# Your objective
Reproduce the data below line by line, from its first line to the line with "carries, else 0.", both included, and nothing past that point.

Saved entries
- Opening Delimiter -

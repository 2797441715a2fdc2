//! Rows of addresses, and the frames of stacks, for C programs. `cfi_c.h` says the same in C.
#![tactic(auto)]

ghost use Rattle.std.specs.Prelude.{◌≡◌};

mod cache;
mod cached_step;
mod caches;
mod check;
mod compiled;
mod context;
mod debug_frame;
mod end;
mod first_window;
mod frame;
mod function;
mod held_cache;
mod held_context;
mod held_step;
mod held_table;
mod image;
mod memory;
mod module;
mod packed_caller;
mod packed_registers;
mod packed_step;
mod passed_steps;
mod program_header;
mod refusal;
mod register;
mod rows;
mod section;
mod stack;
mod step;
mod table;
mod unboxed;
mod unwind;
mod unwind_registers;
mod written;

/// The version 0.1.0.
const VERSION: u32 = 100;

/// The version of the library: 10,000 times its first number, 100 times its second, and its third.
#[unsafe(no_mangle)]
pub extern "C" fn cfi_version() -> u32
    ensures { result ≡ 100 }
{
    VERSION
}
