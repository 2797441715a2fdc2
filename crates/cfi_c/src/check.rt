//! Whether the table of a header is faithful to its section.
ghost use Rattle.std.specs.Prelude.{◌≡◌};
ghost use Rattle.cfi_c.specs.PassedSections.{header_in, lent};
ghost use Rattle.cfi_c.specs.TableVerdicts.{IsCheckedForC, plain_verdict, refused_verdict};
ghost use Rattle.cfi_c.specs.TableVerdicts.{written_if, written_reason, written_verdict};

use crate::refusal::number_of;
use crate::section::{CfiBases, header_in, is_sized, source_of};
use gimli_cfi::{Error, Unfaithful, Verdict};

/// A verdict on the table of a header, by its kind: 0 faithful, 1 no table, 2 the header can't be
/// read, 3 to 10 a reason why the table isn't faithful.
#[repr(C)]
#[derive(Clone, Copy)]
pub struct CfiVerdict {
    /// What the kind says: how many rows, the index of a row, or the offset of an entry.
    pub first: u64,
    /// The start of the row before, an FDE's first address or its end, or how many FDEs there are.
    pub second: u64,
    /// The start of a row.
    pub third: u64,
    /// The place, byte or number that the error carries, else 0.
    pub refused: u64,
    /// Which verdict it is.
    pub kind: u32,
    /// The number of an error of the sections, else 0.
    pub status: i32,
}

/// Checks whether the table of the header lists the FDEs of `.eh_frame` faithfully: whether a row
/// by it is the row by a scan for every address. Returns the kind of the verdict, which is written.
///
/// Without a header, or if that has no rows, there is no table (1). If the address size is not 1,
/// 2, 4 or 8, the header can't be read (2). Does not allocate.
#[unsafe(no_mangle)]
pub extern "C" fn cfi_check_table(
    section: &[u8],
    header: &[u8],
    bases: &CfiBases,
    verdict: &mut CfiVerdict,
) -> u32
    ensures checked { IsCheckedForC bases.now section.now (header_in header.now) verdict.new }
    ensures kind { result ≡ verdict.new.kind }
{
    *verdict = check(section, header_in(header), bases);
    verdict.kind
}

/// The verdict on the table of the header, if there is one.
fn check(section: &[u8], header: Option<&[u8]>, bases: &CfiBases) -> CfiVerdict
    ensures { IsCheckedForC bases.now section.now (lent header.entry) result }
{
    if !is_sized(bases.address_size) {
        return refused_verdict(2, 0, Error::UnsupportedAddressSize(bases.address_size));
    }
    written_if(source_of(section, header, bases).check())
}

/// The verdict as C sees it; no table where there is no header.
fn written_if(verdict: Option<Verdict>) -> CfiVerdict
    ensures { result ≡ written_if verdict }
{
    match verdict {
        Some(verdict) => written_verdict(verdict),
        None => plain_verdict(1, 0, 0, 0),
    }
}

/// The verdict as C sees it.
fn written_verdict(verdict: Verdict) -> CfiVerdict
    ensures { result ≡ written_verdict verdict }
{
    match verdict {
        Verdict::Faithful(rows) => plain_verdict(0, rows, 0, 0),
        Verdict::Unfaithful(reason) => written_reason(reason),
        Verdict::NoTable => plain_verdict(1, 0, 0, 0),
        Verdict::Refused(error) => refused_verdict(2, 0, error),
    }
}

/// The reason why a table isn't faithful as C sees it.
fn written_reason(reason: Unfaithful) -> CfiVerdict
    ensures { result ≡ written_reason reason }
{
    match reason {
        Unfaithful::Header(error) => refused_verdict(3, 0, error),
        Unfaithful::Row { row, refusal } => refused_verdict(4, row, refusal),
        Unfaithful::Order { row, before, start } => plain_verdict(5, row, before, start),
        Unfaithful::Entry { offset, refusal } => refused_verdict(6, offset, refusal),
        Unfaithful::Fde { offset, refusal } => refused_verdict(7, offset, refusal),
        Unfaithful::NoRow { offset, address } => plain_verdict(8, offset, address, 0),
        Unfaithful::Overlap { offset, end, next } => plain_verdict(9, offset, end, next),
        Unfaithful::Count { rows, fdes } => plain_verdict(10, rows, fdes, 0),
    }
}

/// A verdict without an error.
fn plain_verdict(kind: u32, first: u64, second: u64, third: u64) -> CfiVerdict
    ensures { result ≡ plain_verdict kind first second third }
{
    CfiVerdict {
        first,
        second,
        third,
        refused: 0,
        kind,
        status: 0,
    }
}

/// A verdict by an error, at a row or an offset.
fn refused_verdict(kind: u32, first: u64, error: Error) -> CfiVerdict
    ensures { result ≡ refused_verdict kind first error }
{
    CfiVerdict {
        first,
        second: 0,
        third: 0,
        refused: error.value(),
        kind,
        status: number_of(error),
    }
}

- Closing Delimiter -

# Response to the task
repository 2797441715a2fdc2
//! Rows of addresses, and the frames of stacks, for C programs. `cfi_c.h` says the same in C.
#![tactic(auto)]

ghost use Rattle.std.specs.Prelude.{◌≡◌};

mod cache;
mod cached_step;
mod caches;
mod check;
mod compiled;
mod context;
mod debug_frame;
mod end;
mod first_window;
mod frame;
mod function;
mod held_cache;
mod held_context;
mod held_step;
mod held_table;
mod image;
mod memory;
mod module;
mod packed_caller;
mod packed_registers;
mod packed_step;
mod passed_steps;
mod program_header;
mod refusal;
mod register;
mod rows;
mod section;
mod stack;
mod step;
mod table;
mod unboxed;
mod unwind;
mod unwind_registers;
mod written;

/// The version 0.1.0.
const VERSION: u32 = 100;

/// The version of the library: 10,000 times its first number, 100 times its second, and its third.
#[unsafe(no_mangle)]
pub extern "C" fn cfi_version() -> u32
    ensures { result ≡ 100 }
{
    VERSION
}
repository 2797441715a2fdc2
filename crates/cfi_c/src/check.rt
//! Whether the table of a header is faithful to its section.
ghost use Rattle.std.specs.Prelude.{◌≡◌};
ghost use Rattle.cfi_c.specs.PassedSections.{header_in, lent};
ghost use Rattle.cfi_c.specs.TableVerdicts.{IsCheckedForC, plain_verdict, refused_verdict};
ghost use Rattle.cfi_c.specs.TableVerdicts.{written_if, written_reason, written_verdict};

use crate::refusal::number_of;
use crate::section::{CfiBases, header_in, is_sized, source_of};
use gimli_cfi::{Error, Unfaithful, Verdict};

/// A verdict on the table of a header, by its kind: 0 faithful, 1 no table, 2 the header can't be
/// read, 3 to 10 a reason why the table isn't faithful.
#[repr(C)]
#[derive(Clone, Copy)]
pub struct CfiVerdict {
    /// What the kind says: how many rows, the index of a row, or the offset of an entry.
    pub first: u64,
    /// The start of the row before, an FDE's first address or its end, or how many FDEs there are.
    pub second: u64,
    /// The start of a row.
    pub third: u64,
    /// The place, byte or number that the error carries, else 0.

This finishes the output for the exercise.